CARTA A LOS DIOCESANOS CON MOTIVO DEL 75 ANIVERSARIO DE LA ACTUAL IMAGEN DEL STO. CRISTO DE LA LUZ
Carta a los diocesanos a propósito de los setenta y cinco años
de la imagen del Cristo de la Luz
Queridos diocesanos:
Se cumplen ahora, en esta fecha del 3 de mayo del año en curso los setenta y cinco años de aquel 3 de mayo de 1939, en que llegaba a Dalías la sagrada imagen del Santísimo Cristo de la Luz. Con este motivo ofrezco a todos los diocesanos unas reflexiones que ayuden a penetrar en el significado de esta efeméride religiosa, que tan hondo significado ha adquirido para cuantos con fe contemplan al Crucificado como revelación del amor y de la misericordia de Dios, y ponen en él su esperanza.
Confieso que, cuando contemplé por vez primera el descenso del Cristo de la Luz desde la meseta del improvisado altar que, a notable altura, preside desde el presbiterio de la iglesia parroquial la asamblea de los fieles, me sentí conmovido ante la escena que evocaba en mí las palabras proféticas de Jesús sobre el misterio de su crucifixión: “Y cuando yo sea elevado sobre la tierra, atraeré a todos hacia mí” (Jn 12,32).

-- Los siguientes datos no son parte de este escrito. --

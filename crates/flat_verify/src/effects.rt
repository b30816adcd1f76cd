//! Where facts after an item come from.
ghost use Rattle.std.specs.Prelude.{◌≡◌, ◌≤◌, ◌∷◌, [], IfOk, ℕ};
ghost use Rattle.flat_code.specs.CodeViews.{steps_of};
ghost use Rattle.flat_code.specs.SequenceViews.{sequence_of};
ghost use Rattle.flat_code.specs.Recognized.{sequence_steps, count};
ghost use Rattle.flat_discipline.specs.Items.{steps_places};
ghost use Rattle.flat_discipline.specs.Facts.{is_among, temporaries, gives, spans, may_set, sequence_source};
ghost use Rattle.flat_verify.specs.Effects.{source_by};
ghost use Rattle.flat_verify.specs.Effects.Effect.{Sets};
ghost use Rattle.flat_discipline.specs.Breaks.{operands, pointer, pointer_use};
ghost use Rattle.flat_verify.specs.Views.{fact_of, source_of, effect_of};

use crate::facts::{Effect, Fact, Source};
use flat_code::code::FlatStep;
use flat_code::emit::{load_steps, move_steps, span_steps};
use flat_code::recognize::FlatSequence;
use std::alloc::{AllocError, Global};

fn is_temporary(q: FlatSequence, v: u32) -> bool
    ensures { result ≡ is_among v (temporaries (sequence_of q)) }
{
    match q {
        FlatSequence::Move(x) => v == x.slot || v == x.exponent,
        FlatSequence::Load(x) => v == x.slot || v == x.exponent,
        FlatSequence::Span(x) => v == x.distance || v == x.slot || v == x.exponent,
    }
}

fn gives(q: FlatSequence, v: u32) -> bool
    ensures { result ≡ gives (sequence_of q) v }
{
    match q {
        FlatSequence::Move(x) => v == x.result,
        FlatSequence::Load(x) => v == x.to,
        FlatSequence::Span(_) => false,
    }
}

fn spans(q: FlatSequence, a: u32, n: u32) -> bool
    ensures { result ≡ spans (sequence_of q) a n }
{
    match q {
        FlatSequence::Span(x) => a == x.pointer && n == x.count,
        _ => false,
    }
}

fn may_set(q: FlatSequence, v: u32) -> bool
    ensures { result ≡ may_set (sequence_of q) v }
{
    let is_result = match q {
        FlatSequence::Move(x) => v == x.result,
        FlatSequence::Load(x) => v == x.to,
        FlatSequence::Span(x) => v == x.last,
    };
    is_result || is_temporary(q, v)
}

fn sequence_source(q: FlatSequence, fact: Fact) -> Source
    ensures { source_of result ≡ sequence_source (sequence_of q) (fact_of fact) }
{
    match fact {
        Fact::Clean(v) => {
            if gives(q, v) {
                Source::Held
            } else if is_temporary(q, v) {
                Source::Gone
            } else {
                Source::From(fact)
            }
        }
        Fact::Own(v) => {
            if gives(q, v) {
                Source::Held
            } else if is_temporary(q, v) {
                Source::Gone
            } else {
                Source::From(fact)
            }
        }
        Fact::Spanned(a, n) => {
            if spans(q, a, n) {
                Source::Held
            } else if may_set(q, a) || may_set(q, n) {
                Source::Gone
            } else {
                Source::From(fact)
            }
        }
    }
}

fn source_by_set(to: u32, clean: Source, ends: bool, fact: Fact) -> Source
    ensures { source_of result ≡ source_by (Sets to (source_of clean) ends) (fact_of fact) }
{
    match fact {
        Fact::Clean(v) => { if v == to { clean } else { Source::From(fact) } }
        Fact::Own(v) => {
            if v == to {
                Source::Held
            } else {
                Source::From(fact)
            }
        }
        Fact::Spanned(a, n) => {
            if ends || a == to || n == to {
                Source::Gone
            } else {
                Source::From(fact)
            }
        }
    }
}

/// Where a fact after an item comes from.
pub(crate) fn source_by(effect: Effect, fact: Fact) -> Source
    ensures { source_of result ≡ source_by (effect_of effect) (fact_of fact) }
{
    match effect {
        Effect::KeepsFacts => Source::From(fact),
        Effect::Sets { to, clean, ends } => source_by_set(to, clean, ends, fact),
        Effect::Checks(q) => sequence_source(q, fact),
    }
}

/// What a sequence is given.
pub(crate) fn operands(alloc: Global, q: FlatSequence) -> Result<Vec<u32>, AllocError>
    ensures { IfOk result (λ v. v.items ≡ operands (sequence_of q)) }
{
    match q {
        FlatSequence::Move(x) => Ok(vec![in alloc; x.pointer, x.distance, x.line]?),
        FlatSequence::Load(x) => Ok(vec![in alloc; x.at, x.line]?),
        FlatSequence::Span(x) => Ok(vec![in alloc; x.pointer, x.count, x.line]?),
    }
}

/// The pointer that a sequence is about, and how many places after its first step it is used.
pub(crate) fn pointer_of(q: FlatSequence) -> (u32, u32)
    ensures value { result.0 ≡ pointer (sequence_of q) }
    ensures place { result.1 ≡ pointer_use (sequence_of q) }
{
    match q {
        FlatSequence::Move(x) => (x.pointer, 0),
        FlatSequence::Load(x) => (x.at, 0),
        FlatSequence::Span(x) => (x.pointer, 5),
    }
}

/// The steps of a sequence, for slots of 2^g bytes.
pub(crate) fn sequence_steps(
    alloc: Global,
    g: u8,
    q: FlatSequence,
) -> Result<Vec<FlatStep>, AllocError>
    requires least { 1 ≤ g }
    requires most { g ≤ 24 }
    ensures { IfOk result (λ v. steps_of v.items ≡ sequence_steps g (sequence_of q)) }
{
    match q {
        FlatSequence::Move(x) => move_steps(alloc, g, x),
        FlatSequence::Load(x) => load_steps(alloc, g, x),
        FlatSequence::Span(x) => span_steps(alloc, g, x),
    }
}

/// How many steps a sequence has at its top, and how many places.
pub(crate) fn size_of_sequence(q: FlatSequence) -> (usize, u32)
    ensures steps { (g : ℕ) → result.0 ≡ count (sequence_steps g (sequence_of q)) }
    ensures some { 1 ≤ result.0 }
    ensures places { (g : ℕ) → result.1 ≡ steps_places (sequence_steps g (sequence_of q)) }
{
    match q {
        FlatSequence::Move(_) => (16, 32),
        FlatSequence::Load(_) => (2, 10),
        FlatSequence::Span(_) => (4, 41),
    }
}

La emoción sobrecogedora de aquella escena me producía el gozo de ver cumplidas las palabras de Jesús sobre sí mismo, y se acrecentaba en mí el deseo vivísimo de que los hombres de todos los pueblos y razas de la tierra levantaran su ojos hacia el Crucificado, para contemplar en él y en su cruz la revelación suprema del amor de Dios por el mundo. El evangelio de san Juan golpeaba mi corazón y lo llevaba a la contrición de las lágrimas, al contemplar en la cruz de Cristo el Amor divino crucificado.

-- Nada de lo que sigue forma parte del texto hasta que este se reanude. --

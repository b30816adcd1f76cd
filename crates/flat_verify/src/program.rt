//! A program before its facts are known, and its first break.
ghost use Rattle.std.specs.Prelude.{◌≡◌, ◌≤◌, ◌<◌, ◌+◌, ◌∷◌, Some, suc, ℕ, map, length, slice_get, IfOk};
ghost use Rattle.flat_code.specs.Code.{FFunction};
ghost use Rattle.flat_code.specs.CodeViews.{function_of, steps_of};
ghost use Rattle.flat_discipline.specs.Discipline.{function_fits, setting_in};
ghost use Rattle.flat_verify.specs.ItemViews.{as_items, as_bodies, bodies_of};
ghost use Rattle.flat_verify.specs.Links.{OfEach, body_links};
ghost use Rattle.flat_discipline.specs.Items.{items_of};
ghost use Rattle.flat_verify.specs.Sheets.{Stands, IsSheet, AreSheets, InPlaces, width};
ghost use Rattle.flat_verify.specs.SheetViews.{sheet_of};
ghost use Rattle.flat_verify.specs.Settings.{setting_of};
ghost use Rattle.flat_verify.specs.Verdict.{function_demands};
ghost use Rattle.flat_verify.specs.Views.{block_of, demand_of, link_of, AreSmall};

use crate::edges::push_links_all;
use crate::facts::{Demand, GlobalBlock, Link};
use crate::hints::untold;
use crate::items::{FlatItem, all_places};
use crate::outline::{places_in, ranges_in};
use crate::setting::Setting;
use crate::sheets::{NoMemory, Sheet, product, sum};
use crate::wanted::push_demands_all;
use flat_code::code::FlatFunction;
use std::alloc::Global;

// The links of a body's items.
fn body_links(alloc: Global, setting: &Setting, items: &[FlatItem]) -> Result<Vec<Link>, NoMemory>
    requires { AreSmall setting.now.globals.now }
    ensures { IfOk result (λ v. map link_of v.items ≡ body_links setting.now.exponent (setting_of setting.now) (as_items items.now)) }
{
    let after = all_places(items)?;
    let told = untold(alloc);
    let mut links = Vec::new(alloc);
    push_links_all(alloc, setting, told, &[], items, 0, after, &mut links)?;
    Ok(links)
}

// The sheet of function `f`, whose numbers begin at `base`.
fn sheet_at(
    alloc: Global,
    g: u8,
    globals: &[GlobalBlock],
    functions: &[FlatFunction],
    bodies: &[Vec<FlatItem>],
    f: usize,
    base: usize,
) -> Result<Sheet, NoMemory>
    requires least { 1 ≤ g }
    requires most { g ≤ 24 }
    requires small { AreSmall globals.now }
    requires function { f < length functions.now }
    requires bodies { as_bodies bodies.now ≡ bodies_of g (map function_of functions.now) }
    ensures is { IfOk result (λ s. (fn : FFunction) → slice_get (map function_of functions.now) f ≡ Some fn
        → IsSheet g (map block_of globals.now) (map function_of functions.now) f fn (sheet_of s)) }
    ensures base { IfOk result (λ s. s.base ≡ base) }
{
    let function = &functions[f];
    let setting = Setting {
        exponent: g,
        globals,
        functions,
        function,
    };
    let links = body_links(alloc, &setting, &bodies[f])?;
    let ranges = ranges_in(alloc, &links)?;
    Ok(Sheet {
        values: function.values,
        params: function.params,
        places: places_in(&links),
        base,
        ranges,
        links,
    })
}

/// The sheets of a program's functions, and how many numbers they have in all.
#[derive(Drop)]
pub(crate) struct Sheets {
    pub(crate) each: Vec<Sheet>,
    pub(crate) total: usize,
}

/// The sheets of these functions.
pub(crate) fn sheets_of(
    alloc: Global,
    g: u8,
    globals: &[GlobalBlock],
    functions: &[FlatFunction],
    bodies: &[Vec<FlatItem>],
) -> Result<Sheets, NoMemory>
    requires least { 1 ≤ g }
    requires most { g ≤ 24 }
    requires small { AreSmall globals.now }
    requires bodies { as_bodies bodies.now ≡ bodies_of g (map function_of functions.now) }
    ensures are { IfOk result (λ r. AreSheets g (map block_of globals.now) (map function_of functions.now) 0 (map function_of functions.now)
        (map sheet_of r.each.items)) }
    ensures stands { IfOk result (λ r. Stands (suc (length (map sheet_of r.each.items))) (map sheet_of r.each.items) r.total) }
{
    let mut each = Vec::new(alloc);
    let mut total = sum(functions.len(), 1)?;
    for f in 0..functions.len() {
        let sheet = sheet_at(alloc, g, globals, functions, bodies, f, total)?;
        let row = product(sheet.places, sheet.width())?;
        total = sum(total, row)?;
        each.push(sheet)?;
    }
    Ok(Sheets { each, total })
}

// Whether a function keeps the limits of functions as wholes.
fn function_fits(main: u32, number: u32, f: &FlatFunction) -> bool
    ensures { result ≡ function_fits main number (function_of f.now) }
{
    let few = f.values <= 255 && f.params <= 8;
    let library = f.line != 0 || (f.frame == 0 && f.values <= 12);
    let first = number != main || f.params == 0;
    few && (f.params <= f.values && (library && first))
}

/// The demands of the function of that number, by the items of its body.
pub(crate) fn function_demands(
    alloc: Global,
    setting: &Setting,
    items: &[FlatItem],
    main: u32,
    number: u32,
) -> Result<Vec<Demand>, NoMemory>
    requires { as_items items.now ≡ items_of setting.now.exponent (steps_of setting.now.function.now.body) }
    ensures { IfOk result (λ v. map demand_of v.items
        ≡ function_demands setting.now.exponent (setting_of setting.now) main number (function_of setting.now.function.now)) }
{
    let mut demands = Vec::new(alloc);
    demands.push(Demand {
        place: 0,
        at: 0,
        fits: function_fits(main, number, setting.function),
        facts: Vec::new(alloc),
    })?;
    push_demands_all(alloc, setting, 0, items, 0, &mut demands)?;
    Ok(demands)
}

Otros pasajes del evangelio vinieron a mi mente en aquellos instantes en que el descenso del Cristo de la Luz lo hacía volar sobre las manos alzadas del pueblo que aclamaba al Redentor del mundo: “Porque tanto amó Dios al mundo, que entregó a su Unigénito, para que todo el que cree en él no perezca, sino que tenga vida eterna” (Jn 3,16).
Hay quienes recelan de Dios, deseosos de su propia autonomía y libertad, y vuelven la mirada para no tener que ver nada con aquel que pende del madero cargando sobre sí mismo toda la maldición del mundo. No quieren tampoco tener que ver, dicen, con un Dios sádico que ha hecho del dolor del Hijo eterno medio de redención. Se equivocan en la lectura del dolor del Crucificado y no pueden penetrar en el significado del misterio de la cruz, porque tampoco han parado mientes o no han querido parar en la culpa que llevó al Hijo de Dios al patíbulo; y nada quieren saber del pecado de todos y cada uno de los seres humanos, del pecado del mundo que Dios quiso borrar con amor entregando a la muerte a su Hijo.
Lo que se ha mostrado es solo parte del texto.